**DATA TO PROCESS:**

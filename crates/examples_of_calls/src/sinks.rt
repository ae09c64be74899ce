// Sinks that take all their bytes, and sinks that fail.
use call_lines::{Call, Stop, is_in, number_in, numbers_in, text_in};
use mesh_edge::{CleanSink, MemorySink, Sink, StdSink, write_all};
use serde_json::Value;
use std::alloc::Global;
use std::io;
use std::io::{ErrorKind, Write};

// A writer of std whose flush fails.
#[derive(Drop)]
struct Unflushed;

impl Write for Unflushed {
    fn write(&mut self, buf: &[u8]) -> io::Result<usize> {
        Ok(buf.len())
    }

    fn flush(&mut self) -> io::Result<()> {
        Err(io::Error::from(ErrorKind::BrokenPipe))
    }
}

/// `write_all` of so many bytes, and then a flush, to a sink: in memory, one that never fails, one over a list of
/// std, over a slice of 3 bytes, or over a writer of std whose flush fails.
pub fn answer(alloc: Global, call: &Call) -> Result<String, Stop> {
    let v = call.value(0)?;
    let bytes = vec![in alloc; 7; number_in(v, "bytes", 0)? as usize]?;
    match text_in(v, "sink")? {
        "memory" => of_memory(alloc, &bytes, v),
        "clean" => shown(alloc, &mut CleanSink::new(), &bytes),
        "std" => of_list(alloc, &bytes),
        "full" => of_slice(alloc, &bytes),
        "unflushed" => shown(alloc, &mut StdSink::new(Unflushed), &bytes),
        _ => Err(Stop::Arguments),
    }
}

fn of_memory(alloc: Global, bytes: &[u8], v: &Value) -> Result<String, Stop> {
    let room = number_in(v, "room", 65_536)? as usize;
    let at_most = number_in(v, "at_most", 65_536)?.max(1) as usize;
    let failing = numbers_in(alloc, v, "failing")?;
    let mut sink = MemorySink::new(alloc, room, failing, at_most, is_in(v, "flush_fails"))?;
    let written = shown(alloc, &mut sink, bytes)?;
    let (taken, flushed) = (sink.taken().len(), sink.flushed());
    Ok(format!(in alloc; "{written}; {taken} taken, {flushed} flushed")?)
}

fn of_list(alloc: Global, bytes: &[u8]) -> Result<String, Stop> {
    let mut kept = Vec::new(alloc);
    let written = shown(alloc, &mut StdSink::new(&mut kept), bytes)?;
    Ok(format!(in alloc; "{written}; {} taken", kept.len())?)
}

fn of_slice(alloc: Global, bytes: &[u8]) -> Result<String, Stop> {
    let mut three = [0; 3];
    let written = shown(alloc, &mut StdSink::new(three.as_mut_slice()), bytes)?;
    Ok(format!(in alloc; "{written}; {three:?}")?)
}

// Whether the bytes were written, and whether they were flushed.
fn shown<K: Sink>(alloc: Global, sink: &mut K, bytes: &[u8]) -> Result<String, Stop> {
    let written = if write_all(sink, bytes).is_ok() {
        "written"
    } else {
        "WriteFault"
    };
    let flushed = if sink.flush().is_ok() {
        "flushed"
    } else {
        "Failed"
    };
    Ok(format!(in alloc; "{written}, {flushed}")?)
}
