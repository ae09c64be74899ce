// A RequestAuthentication in short: its name, its labels, and of each rule the issuer, the audiences, the keys, the
// places, and what goes on to the application.
use crate::shown::push_labels;
use call_lines::Stop;
use mesh_policy::{JwtRule, Keys, RequestAuthentication, TokenPlace};
use std::alloc::Global;

pub fn shown(alloc: Global, policy: &RequestAuthentication) -> Result<String, Stop> {
    let mut out = String::new(alloc);
    write!(out, "{}/{}: ", policy.namespace, policy.name)?;
    push_labels(&mut out, &policy.labels)?;
    for rule in &policy.rules {
        push_rule(&mut out, rule)?;
    }
    Ok(out)
}

pub fn push_rule(out: &mut String, rule: &JwtRule) -> Result<(), Stop> {
    write!(out, "| {} [", rule.issuer)?;
    for audience in &rule.audiences {
        write!(out, "{audience} ")?;
    }
    push_keys(out, &rule.keys)?;
    for place in &rule.places {
        push_place(out, place)?;
    }
    if rule.forward {
        out.push_str(" forward")?;
    }
    if let Some(name) = &rule.payload_header {
        write!(out, " payload {name}")?;
    }
    Ok(())
}

fn push_keys(out: &mut String, keys: &Keys) -> Result<(), Stop> {
    match keys {
        Keys::Inline(set) => write!(out, "] inline {set}")?,
        Keys::Uri(uri) => write!(out, "] uri {uri}")?,
    }
    Ok(())
}

fn push_place(out: &mut String, place: &TokenPlace) -> Result<(), Stop> {
    match place {
        TokenPlace::Header { name, prefix } => { write!(out, " {name}:<{prefix}>")? }
        TokenPlace::Param(name) => write!(out, " ?{name}")?,
    }
    Ok(())
}
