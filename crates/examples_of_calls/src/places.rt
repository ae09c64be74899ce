// Places in a document, and faults at them.
use call_lines::{Call, Stop, items_of, quoted, refused, text_of};
use mesh_doc::{DocError, Place, Reason, Spot, Step, missing, place_text, refuse};
use mesh_text::{List, Text};
use serde_json::Value;
use std::alloc::Global;

pub fn answer(alloc: Global, call: &Call) -> Result<Option<String>, Stop> {
    match call.name {
        "place_text" => printed(alloc, &place_of(alloc, call.value(0)?)?),
        "Step::copy" => copied(alloc, &place_of(alloc, call.value(0)?)?),
        "Spot::place" => placed(alloc, call),
        "refuse" => told(
            alloc,
            refuse(alloc, &place_of(alloc, call.value(0)?)?, Reason::BadPort),
        ),
        "missing" => told(
            alloc,
            missing(alloc, call.text(1)?, &place_of(alloc, call.value(0)?)?),
        ),
        "Spot::refuse" => refused_below(alloc, call),
        "Spot::missing" => missing_below(alloc, call),
        _ => Ok(None),
    }
}

// The place of a list of keys and indices.
fn place_of(alloc: Global, v: &Value) -> Result<Place, Stop> {
    let mut place = List::new(alloc);
    for step in items_of(v)? {
        place.push(step_of(alloc, step)?)?;
    }
    Ok(place)
}

fn step_of(alloc: Global, v: &Value) -> Result<Step, Stop> {
    match v.as_u64() {
        None => Ok(Step::Key(Text::of(alloc, text_of(v)?)?)),
        Some(index) => match u32::try_from(index) {
            Ok(index) => Ok(Step::Index(index)),
            Err(_) => Err(Stop::Arguments),
        },
    }
}

fn printed(alloc: Global, place: &Place) -> Result<Option<String>, Stop> {
    quoted(alloc, Some(place_text(alloc, place)?.as_str()))
}

// The place made of copies of its steps.
fn copied(alloc: Global, place: &Place) -> Result<Option<String>, Stop> {
    let mut copy = List::new(alloc);
    for step in place {
        copy.push(step.copy(alloc)?)?;
    }
    printed(alloc, &copy)
}

// The place of the first entry of a field below a place.
fn placed(alloc: Global, call: &Call) -> Result<Option<String>, Stop> {
    let place = place_of(alloc, call.value(0)?)?;
    let whole = Spot::of(&place);
    let field = Spot::key(&whole, call.text(1)?);
    printed(alloc, &Spot::index(&field, 0).place(alloc)?)
}

fn refused_below(alloc: Global, call: &Call) -> Result<Option<String>, Stop> {
    let place = place_of(alloc, call.value(0)?)?;
    let whole = Spot::of(&place);
    told(alloc, Spot::index(&whole, 7).refuse(alloc, Reason::BadTime))
}

fn missing_below(alloc: Global, call: &Call) -> Result<Option<String>, Stop> {
    let place = place_of(alloc, call.value(0)?)?;
    let whole = Spot::of(&place);
    told(alloc, Spot::index(&whole, 7).missing(alloc, call.text(1)?))
}

fn told(alloc: Global, error: DocError) -> Result<Option<String>, Stop> {
    Ok(Some(refused(alloc, error)?))
}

**THE PROBLEM:**
From the records above, how many lines include the word "room"? Only the number is wanted.

**EXERCISE SOLUTION:**
2